Normal Subgroups and Quotient Groups Review

# Normal Subgroups and Quotient Groups Review

We will now review some of the recent material regarding normal subgroups and quotient groups.

- On the
**Normal Subgroups**we said that if $(G, *)$ is a group and $(H, *)$ is a subgroup, then $(H, *)$ is said to be a**Normal Subgroup**if for all $g \in G$ we have that:

\begin{align} \quad gH = Hg \end{align}

- That is, the left coset of $H$ with representative $g$ is equal to the right coset of $H$ with representative $g$ for every $g \in G$.

- We noted that if $(G, *)$ is an abelian group then every subgroup of $(H, *)$ is a normal subgroup.

- On the
**Criteria for a Subgroup to be Normal**we listed a bunch of criteria for a subgroup to be normal.
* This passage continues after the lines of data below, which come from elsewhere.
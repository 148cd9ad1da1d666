// A voice's block: loaded and decoded, and left by the end rule.
#![tactic(auto)]

ghost use Rattle.std.specs.Prelude.{◌≡◌, ◌++◌, ◌≤◌, ◌<◌, drop};
ghost use Rattle.soundram.specs.Address.{Lent};
ghost use Rattle.soundram.specs.Program.{Does, mem_of};
ghost use Rattle.voice.specs.Voice.{looped_of, filled_of, load_of, next_of, muted_of, ended_of};

use envelope::{Envelope, Phase};
use soundram::{Reader, Watch};
use voice::{Playing, Source, Voice};

// A voice after a load, or none.
#[derive(Clone, Copy)]
pub struct Loaded {
    pub voice: Voice,
    pub watch: Watch,
}

// The last three samples of the block before, then those of the block.
fn joined(before: [i16; 31], block: [i16; 28]) -> [i16; 31]
    ensures { result ≡ drop 28 before ++ block }
{
    let mut out = [0i16; 31];
    out[..3].copy_from_slice(&before[28..]);
    out[3..].copy_from_slice(&block);
    out
}

// The source of a block with these flags, once it is loaded.
fn looped(s: Source, flags: u8) -> Source
    requires { s.address.0 < 0x80000 }
    ensures { result ≡ looped_of s flags }
{
    if flags / 4 % 2 == 1 {
        let repeat = soundram::unit_of(s.address);
        return Source { repeat, ..s };
    }
    s
}

// The voice with the block of these bytes.
fn fill(v: Voice, bytes: [u8; 16]) -> Voice
    requires { v.source.address.0 < 0x80000 }
    ensures { result ≡ filled_of v bytes }
{
    let flags = bytes[1];
    let before = v.playing.samples;
    let block = adpcm::decode(bytes, before[30], before[29]);
    let samples = joined(before, block);
    let source = looped(v.source, flags);
    let playing = Playing {
        loaded: true,
        flags,
        samples,
    };
    Voice {
        playing,
        source,
        ..v
    }
}

// Loads the block at the voice's address.
pub fn fetch(v: Voice, who: Reader, size: u32, ram: &[u8], marks: &[u8], w: Watch) -> Loaded
    requires { Lent size ram.now marks.now × (v.source.address.0 < size) }
    ensures { Does (load_of who size v) (mem_of ram.now marks.now w) result.voice (mem_of ram.now marks.now result.watch) }
{
    let b = access_block::load(ram, marks, who, size, v.source.address, w);
    Loaded {
        voice: fill(v, b.value),
        watch: b.watch,
    }
}

// Where a voice goes past the last sample of a block with these flags.
fn next(size: u32, s: Source, flags: u8) -> Source
    requires { (s.address.0 < size) × (16 ≤ size) × (size ≤ 0x80000) }
    ensures { result ≡ next_of size s flags }
{
    let address = if flags % 2 == 1 {
        soundram::address_of(size, s.repeat)
    } else {
        soundram::forward(size, s.address, 16)
    };
    Source { address, ..s }
}

// The envelope past the last sample of a block with these flags.
fn muted(e: Envelope, flags: u8) -> Envelope
    ensures { result ≡ muted_of e flags }
{
    if (flags % 2 == 1) & !(flags / 2 % 2 == 1) {
        return Envelope {
            phase: Phase::Off,
            level: 0,
            wait: 0,
        };
    }
    e
}

// The end rule.
pub fn end(size: u32, v: Voice) -> Voice
    requires { (v.source.address.0 < size) × (16 ≤ size) × (size ≤ 0x80000) }
    ensures { result ≡ ended_of size v }
{
    let flags = v.playing.flags;
    let envelope = muted(v.envelope, flags);
    let source = next(size, v.source, flags);
    Voice {
        envelope,
        source,
        ended: v.ended | (flags % 2 == 1),
        ..v
    }
}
These equivalent statements are summarized below.

Equivalent Statements |
---|

(a) $(H, *)$ is a subgroup of $(G, *)$. |

(b) $gHg^{-1} \subseteq H$ for all $g \in G$. |

(c) $gHg^{-1} = H$ for all $g \in G$. |

- On the
**Quotient Groups**page we said that if $(G, *)$ is a group and $(H, *)$ is a normal subgroup then the corresponding**Quotient Group**is the set $G / H = \{ gH : g \in G \}$ of left cosets of $H$ with the operation $\cdot$ defined for all $g_1H, g_2H \in G / H$ by:

\begin{align} \quad (g_1H) \cdot (g_2H) = (g_1 * g_2)H \end{align}

- We proved that the order of $G / H$ is given by:

\begin{align} \mid G / H \mid = \frac{\mid G \mid}{\mid H \mid} \end{align}

- On the
**Some Examples of Quotient Groups**we gave some simple examples of quotient groups.